Output all the data exactly.

--- Data Enclosed Below ---

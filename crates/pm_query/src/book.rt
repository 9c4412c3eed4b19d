//! The book: what happened to the store, in the order in which it happened.

use crate::reply::Reply;
use pm_rows::Commit;
use pm_sql::Script;

/// One event of the store.
#[derive(Debug, Drop)]
pub enum BookEntry {
    /// The store begins a generation, with nobody attached.
    Opened {
        generation: u32,
    },
    /// A child may use the store.
    Attached {
        pid: u32,
        generation: u32,
    },
    /// The log was read again, and so many commits stand.
    Redone {
        pid: u32,
        generation: u32,
        kept: u64,
    },
    /// A script was run. `front` is the number of commits after it, and `tick` the disk's count of calls before its
    /// commit was written.
    Answered {
        pid: u32,
        script: Script,
        reply: Reply,
        commit: Commit,
        front: u64,
        tick: u64,
    },
    /// The answers up to this front may be sent. `tick` is the disk's count of calls at this moment.
    Released {
        pid: u32,
        front: u64,
        tick: u64,
    },
    /// A child no longer uses the store.
    Detached {
        pid: u32,
    },
    /// A child is gone without having left. Only the next generation, and more of the kind before it, come after this.
    Gone {
        pid: u32,
    },
    /// A checkpoint came to its end. It was made, or it was left out since redo hasn't ended.
    CheckpointEnded {
        pid: u32,
        done: bool,
        clean: bool,
    },
    /// The disk failed under this child, at tick `since`, and its count of faults is `faults` from then on. A call that
    /// finds the log broken tells the same fault again.
    Broke {
        pid: u32,
        since: u64,
        faults: u64,
    },
    /// A commit of `need` bytes was refused, since the log has room for `room`.
    LogFull {
        pid: u32,
        script: Script,
        need: u64,
        room: u64,
    },
}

--- End of Enclosed Data ---

*Answer section:*
filename crates/pm_query/src/book.rt
repository 9c4412c3eed4b19d
//! The book: what happened to the store, in the order in which it happened.

use crate::reply::Reply;
use pm_rows::Commit;
use pm_sql::Script;

/// One event of the store.
#[derive(Debug, Drop)]
pub enum BookEntry {
    /// The store begins a generation, with nobody attached.
    Opened {
        generation: u32,
    },
    /// A child may use the store.
    Attached {
        pid: u32,
        generation: u32,
    },
    /// The log was read again, and so many commits stand.
    Redone {
        pid: u32,
        generation: u32,
        kept: u64,
    },
    /// A script was run. `front` is the number of commits after it, and `tick` the disk's count of calls before its
    /// commit was written.
    Answered {
        pid: u32,
        script: Script,
        reply: Reply,
        commit: Commit,
        front: u64,
        tick: u64,
    },
    /// The answers up to this front may be sent. `tick` is the disk's count of calls at this moment.
    Released {
        pid: u32,
        front: u64,
        tick: u64,
    },
    /// A child no longer uses the store.
    Detached {
        pid: u32,
    },
    /// A child is gone without having left. Only the next generation, and more of the kind before it, come after this.
    Gone {
        pid: u32,
    },
    /// A checkpoint came to its end. It was made, or it was left out since redo hasn't ended.
    CheckpointEnded {
        pid: u32,
        done: bool,
        clean: bool,
    },
    /// The disk failed under this child, at tick `since`, and its count of faults is `faults` from then on. A call that
    /// finds the log broken tells the same fault again.
    Broke {
        pid: u32,
        since: u64,
        faults: u64,
    },
    /// A commit of `need` bytes was refused, since the log has room for `room`.
    LogFull {
        pid: u32,
        script: Script,
        need: u64,
        room: u64,
    },
}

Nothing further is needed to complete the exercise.